## AIM OF THE EXERCISE
Filtering the records below, copy only those lines that include the word "there".

## PROVIDED RECORDS
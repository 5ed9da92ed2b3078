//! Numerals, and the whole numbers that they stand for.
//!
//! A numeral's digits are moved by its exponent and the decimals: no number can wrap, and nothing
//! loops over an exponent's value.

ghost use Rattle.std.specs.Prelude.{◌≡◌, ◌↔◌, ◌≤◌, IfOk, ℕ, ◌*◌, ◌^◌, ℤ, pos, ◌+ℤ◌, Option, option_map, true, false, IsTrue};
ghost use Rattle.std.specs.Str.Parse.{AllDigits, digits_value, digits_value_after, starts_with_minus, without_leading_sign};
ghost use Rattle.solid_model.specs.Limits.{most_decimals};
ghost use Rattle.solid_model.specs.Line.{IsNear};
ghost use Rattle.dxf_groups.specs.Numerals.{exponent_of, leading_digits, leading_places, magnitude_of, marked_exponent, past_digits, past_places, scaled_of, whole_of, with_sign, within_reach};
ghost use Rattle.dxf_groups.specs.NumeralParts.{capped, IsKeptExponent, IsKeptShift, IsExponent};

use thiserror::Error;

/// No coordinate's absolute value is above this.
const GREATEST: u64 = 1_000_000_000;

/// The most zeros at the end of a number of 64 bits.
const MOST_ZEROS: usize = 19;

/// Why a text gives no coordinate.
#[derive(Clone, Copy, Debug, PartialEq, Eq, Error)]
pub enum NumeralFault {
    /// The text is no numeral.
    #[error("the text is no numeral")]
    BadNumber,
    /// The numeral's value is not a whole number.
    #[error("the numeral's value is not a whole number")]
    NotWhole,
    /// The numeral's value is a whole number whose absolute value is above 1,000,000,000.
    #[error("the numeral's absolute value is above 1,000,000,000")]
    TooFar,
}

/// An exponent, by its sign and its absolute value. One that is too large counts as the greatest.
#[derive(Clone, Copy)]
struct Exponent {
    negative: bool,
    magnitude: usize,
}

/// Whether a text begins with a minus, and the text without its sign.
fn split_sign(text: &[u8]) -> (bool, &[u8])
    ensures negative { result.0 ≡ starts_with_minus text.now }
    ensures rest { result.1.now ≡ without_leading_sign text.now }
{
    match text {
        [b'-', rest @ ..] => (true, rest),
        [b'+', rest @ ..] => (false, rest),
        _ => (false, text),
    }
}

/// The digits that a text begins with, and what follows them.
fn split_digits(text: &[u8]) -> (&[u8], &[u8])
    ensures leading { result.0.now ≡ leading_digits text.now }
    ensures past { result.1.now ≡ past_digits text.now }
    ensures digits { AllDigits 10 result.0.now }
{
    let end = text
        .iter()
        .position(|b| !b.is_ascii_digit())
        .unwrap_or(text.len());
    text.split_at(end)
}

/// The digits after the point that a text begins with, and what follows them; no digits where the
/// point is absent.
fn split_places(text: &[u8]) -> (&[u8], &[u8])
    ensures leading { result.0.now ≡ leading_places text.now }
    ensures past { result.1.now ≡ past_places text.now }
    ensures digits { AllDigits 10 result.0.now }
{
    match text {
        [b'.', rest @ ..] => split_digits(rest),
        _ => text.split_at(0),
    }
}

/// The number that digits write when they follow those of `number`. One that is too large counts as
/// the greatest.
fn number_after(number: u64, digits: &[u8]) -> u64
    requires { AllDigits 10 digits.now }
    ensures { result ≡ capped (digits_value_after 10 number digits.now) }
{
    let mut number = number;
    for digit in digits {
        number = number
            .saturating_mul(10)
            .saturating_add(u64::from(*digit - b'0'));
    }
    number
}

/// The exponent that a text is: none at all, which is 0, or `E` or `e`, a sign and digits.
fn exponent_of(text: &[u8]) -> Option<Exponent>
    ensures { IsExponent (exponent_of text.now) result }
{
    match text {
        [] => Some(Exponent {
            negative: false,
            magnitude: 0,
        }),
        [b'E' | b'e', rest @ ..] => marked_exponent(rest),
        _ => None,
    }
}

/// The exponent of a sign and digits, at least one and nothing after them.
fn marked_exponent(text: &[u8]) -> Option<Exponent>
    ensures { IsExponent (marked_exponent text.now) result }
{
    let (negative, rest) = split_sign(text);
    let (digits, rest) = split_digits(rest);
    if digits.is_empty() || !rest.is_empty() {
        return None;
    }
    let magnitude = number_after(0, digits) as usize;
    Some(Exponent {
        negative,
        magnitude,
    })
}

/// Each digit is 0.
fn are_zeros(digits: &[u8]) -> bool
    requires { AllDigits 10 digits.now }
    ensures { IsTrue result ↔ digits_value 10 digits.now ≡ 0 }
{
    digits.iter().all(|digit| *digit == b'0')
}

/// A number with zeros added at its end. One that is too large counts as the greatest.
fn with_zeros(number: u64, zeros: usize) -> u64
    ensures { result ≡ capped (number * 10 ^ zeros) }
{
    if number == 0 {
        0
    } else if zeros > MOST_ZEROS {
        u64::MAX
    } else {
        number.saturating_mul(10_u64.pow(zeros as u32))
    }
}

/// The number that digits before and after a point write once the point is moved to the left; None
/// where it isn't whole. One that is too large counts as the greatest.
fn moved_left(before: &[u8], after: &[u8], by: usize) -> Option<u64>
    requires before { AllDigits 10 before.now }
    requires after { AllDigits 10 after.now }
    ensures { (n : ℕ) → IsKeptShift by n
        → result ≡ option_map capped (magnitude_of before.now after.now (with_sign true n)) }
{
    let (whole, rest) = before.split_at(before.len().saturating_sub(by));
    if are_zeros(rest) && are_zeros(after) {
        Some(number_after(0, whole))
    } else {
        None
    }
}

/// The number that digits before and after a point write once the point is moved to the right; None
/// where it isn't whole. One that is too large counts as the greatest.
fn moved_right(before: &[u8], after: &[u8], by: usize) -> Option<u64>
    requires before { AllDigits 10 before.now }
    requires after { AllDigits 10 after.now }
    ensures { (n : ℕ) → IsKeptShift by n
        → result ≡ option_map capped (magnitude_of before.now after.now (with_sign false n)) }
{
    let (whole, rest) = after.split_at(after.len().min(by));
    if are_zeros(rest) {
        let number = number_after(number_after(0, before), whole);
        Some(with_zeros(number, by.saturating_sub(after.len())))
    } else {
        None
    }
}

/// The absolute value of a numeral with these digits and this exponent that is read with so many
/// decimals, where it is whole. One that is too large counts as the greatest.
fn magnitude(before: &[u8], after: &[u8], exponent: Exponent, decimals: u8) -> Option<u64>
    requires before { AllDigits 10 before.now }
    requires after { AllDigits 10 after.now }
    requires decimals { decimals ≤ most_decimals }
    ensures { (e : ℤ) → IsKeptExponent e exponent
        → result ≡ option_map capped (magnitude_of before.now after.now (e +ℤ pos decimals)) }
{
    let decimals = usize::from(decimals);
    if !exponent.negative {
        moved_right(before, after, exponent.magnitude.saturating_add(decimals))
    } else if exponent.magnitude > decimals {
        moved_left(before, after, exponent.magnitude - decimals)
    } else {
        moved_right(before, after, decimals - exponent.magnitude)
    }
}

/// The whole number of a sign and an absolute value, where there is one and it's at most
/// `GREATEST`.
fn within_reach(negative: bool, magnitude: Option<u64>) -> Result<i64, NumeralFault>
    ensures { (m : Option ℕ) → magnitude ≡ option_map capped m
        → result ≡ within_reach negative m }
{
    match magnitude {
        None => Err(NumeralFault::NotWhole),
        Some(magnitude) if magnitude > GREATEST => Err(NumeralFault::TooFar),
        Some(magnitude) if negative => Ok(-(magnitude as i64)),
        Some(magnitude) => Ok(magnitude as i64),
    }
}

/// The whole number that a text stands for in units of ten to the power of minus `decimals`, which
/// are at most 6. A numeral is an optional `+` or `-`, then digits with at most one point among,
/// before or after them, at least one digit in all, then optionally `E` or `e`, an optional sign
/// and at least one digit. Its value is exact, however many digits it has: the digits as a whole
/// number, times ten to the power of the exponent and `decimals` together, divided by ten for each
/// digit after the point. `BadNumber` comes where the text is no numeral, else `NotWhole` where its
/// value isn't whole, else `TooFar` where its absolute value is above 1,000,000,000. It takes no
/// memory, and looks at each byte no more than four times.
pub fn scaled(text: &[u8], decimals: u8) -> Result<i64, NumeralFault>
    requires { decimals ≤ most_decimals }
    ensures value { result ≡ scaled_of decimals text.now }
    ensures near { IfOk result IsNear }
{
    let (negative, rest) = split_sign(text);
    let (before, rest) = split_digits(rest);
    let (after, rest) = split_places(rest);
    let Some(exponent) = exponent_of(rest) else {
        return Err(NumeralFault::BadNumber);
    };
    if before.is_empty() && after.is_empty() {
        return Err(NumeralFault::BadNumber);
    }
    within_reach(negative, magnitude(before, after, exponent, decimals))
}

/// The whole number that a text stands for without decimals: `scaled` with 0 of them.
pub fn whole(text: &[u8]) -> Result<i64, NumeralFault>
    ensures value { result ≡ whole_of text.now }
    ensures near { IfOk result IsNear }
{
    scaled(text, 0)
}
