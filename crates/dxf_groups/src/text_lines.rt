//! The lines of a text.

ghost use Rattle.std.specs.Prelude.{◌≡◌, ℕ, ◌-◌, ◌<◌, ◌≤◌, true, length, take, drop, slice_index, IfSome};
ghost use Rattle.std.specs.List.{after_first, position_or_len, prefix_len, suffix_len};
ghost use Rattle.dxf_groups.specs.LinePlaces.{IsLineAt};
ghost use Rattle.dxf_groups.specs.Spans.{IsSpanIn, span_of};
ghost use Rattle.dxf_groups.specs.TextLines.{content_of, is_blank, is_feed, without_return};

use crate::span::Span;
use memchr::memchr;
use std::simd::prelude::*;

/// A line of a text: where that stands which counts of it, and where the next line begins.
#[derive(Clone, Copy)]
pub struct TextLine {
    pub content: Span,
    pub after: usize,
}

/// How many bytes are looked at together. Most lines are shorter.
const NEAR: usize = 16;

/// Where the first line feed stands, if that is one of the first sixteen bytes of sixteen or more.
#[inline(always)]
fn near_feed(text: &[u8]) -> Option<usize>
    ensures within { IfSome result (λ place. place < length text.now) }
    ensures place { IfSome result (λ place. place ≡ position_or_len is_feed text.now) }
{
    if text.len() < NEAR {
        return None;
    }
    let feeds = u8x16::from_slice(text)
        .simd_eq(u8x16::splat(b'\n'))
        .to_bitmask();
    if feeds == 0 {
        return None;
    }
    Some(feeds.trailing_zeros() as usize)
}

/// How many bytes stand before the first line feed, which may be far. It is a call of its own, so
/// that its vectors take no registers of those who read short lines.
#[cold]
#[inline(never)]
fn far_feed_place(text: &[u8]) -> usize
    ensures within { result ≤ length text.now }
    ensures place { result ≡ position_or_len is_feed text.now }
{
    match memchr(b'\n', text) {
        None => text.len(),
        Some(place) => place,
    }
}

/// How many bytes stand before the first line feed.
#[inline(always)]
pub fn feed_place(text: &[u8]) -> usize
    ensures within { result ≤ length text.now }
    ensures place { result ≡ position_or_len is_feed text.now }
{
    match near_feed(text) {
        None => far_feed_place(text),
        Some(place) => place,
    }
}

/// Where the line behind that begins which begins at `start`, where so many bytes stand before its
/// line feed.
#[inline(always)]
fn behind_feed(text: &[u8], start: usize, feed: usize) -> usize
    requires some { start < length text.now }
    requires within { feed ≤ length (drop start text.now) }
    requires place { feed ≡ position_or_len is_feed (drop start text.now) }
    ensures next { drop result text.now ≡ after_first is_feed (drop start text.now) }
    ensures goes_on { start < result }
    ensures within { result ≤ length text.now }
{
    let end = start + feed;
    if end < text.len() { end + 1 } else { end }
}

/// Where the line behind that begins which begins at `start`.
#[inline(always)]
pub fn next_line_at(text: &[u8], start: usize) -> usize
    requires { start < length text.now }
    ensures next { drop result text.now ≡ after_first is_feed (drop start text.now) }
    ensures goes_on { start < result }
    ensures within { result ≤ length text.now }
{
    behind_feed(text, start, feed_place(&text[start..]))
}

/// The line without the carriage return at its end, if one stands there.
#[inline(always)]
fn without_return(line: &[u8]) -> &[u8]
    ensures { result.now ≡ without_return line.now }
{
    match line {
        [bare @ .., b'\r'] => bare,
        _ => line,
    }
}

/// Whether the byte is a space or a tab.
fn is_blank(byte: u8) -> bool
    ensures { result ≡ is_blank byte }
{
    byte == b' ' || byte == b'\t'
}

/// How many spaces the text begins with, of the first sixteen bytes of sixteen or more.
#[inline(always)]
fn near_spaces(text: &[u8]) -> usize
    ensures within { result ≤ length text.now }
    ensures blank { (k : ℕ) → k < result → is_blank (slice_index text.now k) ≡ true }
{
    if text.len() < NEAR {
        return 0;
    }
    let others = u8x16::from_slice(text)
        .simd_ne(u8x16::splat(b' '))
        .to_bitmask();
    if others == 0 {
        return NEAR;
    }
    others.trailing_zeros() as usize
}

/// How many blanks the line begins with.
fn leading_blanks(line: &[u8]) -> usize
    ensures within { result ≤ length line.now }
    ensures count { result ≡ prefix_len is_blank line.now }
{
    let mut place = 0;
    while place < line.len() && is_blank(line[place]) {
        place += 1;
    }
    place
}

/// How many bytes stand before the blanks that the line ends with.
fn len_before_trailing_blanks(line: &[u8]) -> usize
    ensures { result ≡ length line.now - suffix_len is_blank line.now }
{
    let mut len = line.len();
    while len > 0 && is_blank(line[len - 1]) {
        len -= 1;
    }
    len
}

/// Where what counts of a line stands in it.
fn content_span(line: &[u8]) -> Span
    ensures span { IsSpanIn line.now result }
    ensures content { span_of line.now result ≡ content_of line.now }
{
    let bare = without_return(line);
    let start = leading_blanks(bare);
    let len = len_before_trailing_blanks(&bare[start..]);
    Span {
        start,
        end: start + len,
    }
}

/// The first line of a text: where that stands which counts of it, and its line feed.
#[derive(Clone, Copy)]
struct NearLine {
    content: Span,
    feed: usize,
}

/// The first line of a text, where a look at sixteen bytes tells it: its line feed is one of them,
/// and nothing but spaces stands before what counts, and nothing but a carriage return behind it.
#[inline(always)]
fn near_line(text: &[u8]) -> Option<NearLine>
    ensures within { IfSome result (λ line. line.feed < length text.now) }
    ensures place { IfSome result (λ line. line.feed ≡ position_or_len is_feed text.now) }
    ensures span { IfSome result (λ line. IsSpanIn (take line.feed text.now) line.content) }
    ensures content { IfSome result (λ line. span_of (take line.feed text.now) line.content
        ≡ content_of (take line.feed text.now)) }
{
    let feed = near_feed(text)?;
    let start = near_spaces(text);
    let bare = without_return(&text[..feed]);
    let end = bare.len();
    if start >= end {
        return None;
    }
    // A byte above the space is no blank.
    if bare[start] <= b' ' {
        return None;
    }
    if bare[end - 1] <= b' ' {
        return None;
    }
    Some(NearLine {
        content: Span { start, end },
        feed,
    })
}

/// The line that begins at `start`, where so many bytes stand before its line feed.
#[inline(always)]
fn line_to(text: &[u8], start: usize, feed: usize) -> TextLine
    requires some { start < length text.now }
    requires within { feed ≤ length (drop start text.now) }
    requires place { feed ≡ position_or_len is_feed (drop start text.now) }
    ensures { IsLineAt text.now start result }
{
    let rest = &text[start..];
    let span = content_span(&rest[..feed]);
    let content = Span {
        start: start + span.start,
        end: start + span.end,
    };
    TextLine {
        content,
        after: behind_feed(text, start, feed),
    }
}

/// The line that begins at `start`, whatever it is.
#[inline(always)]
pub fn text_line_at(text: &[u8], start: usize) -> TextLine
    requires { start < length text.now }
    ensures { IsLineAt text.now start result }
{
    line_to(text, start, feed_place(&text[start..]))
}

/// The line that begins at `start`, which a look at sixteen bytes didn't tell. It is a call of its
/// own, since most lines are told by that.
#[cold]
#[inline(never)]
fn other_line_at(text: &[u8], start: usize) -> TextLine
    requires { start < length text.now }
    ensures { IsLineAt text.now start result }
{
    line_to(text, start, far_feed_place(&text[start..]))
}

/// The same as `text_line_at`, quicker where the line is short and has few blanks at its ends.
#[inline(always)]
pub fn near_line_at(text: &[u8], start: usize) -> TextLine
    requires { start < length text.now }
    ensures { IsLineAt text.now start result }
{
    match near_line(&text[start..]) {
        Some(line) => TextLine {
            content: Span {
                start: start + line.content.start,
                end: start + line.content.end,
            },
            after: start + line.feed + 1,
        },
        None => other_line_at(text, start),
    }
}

## FINISHED TASK
/// The whole number of a sign and an absolute value, where there is one and it's at most
/// The line without the carriage return at its end, if one stands there.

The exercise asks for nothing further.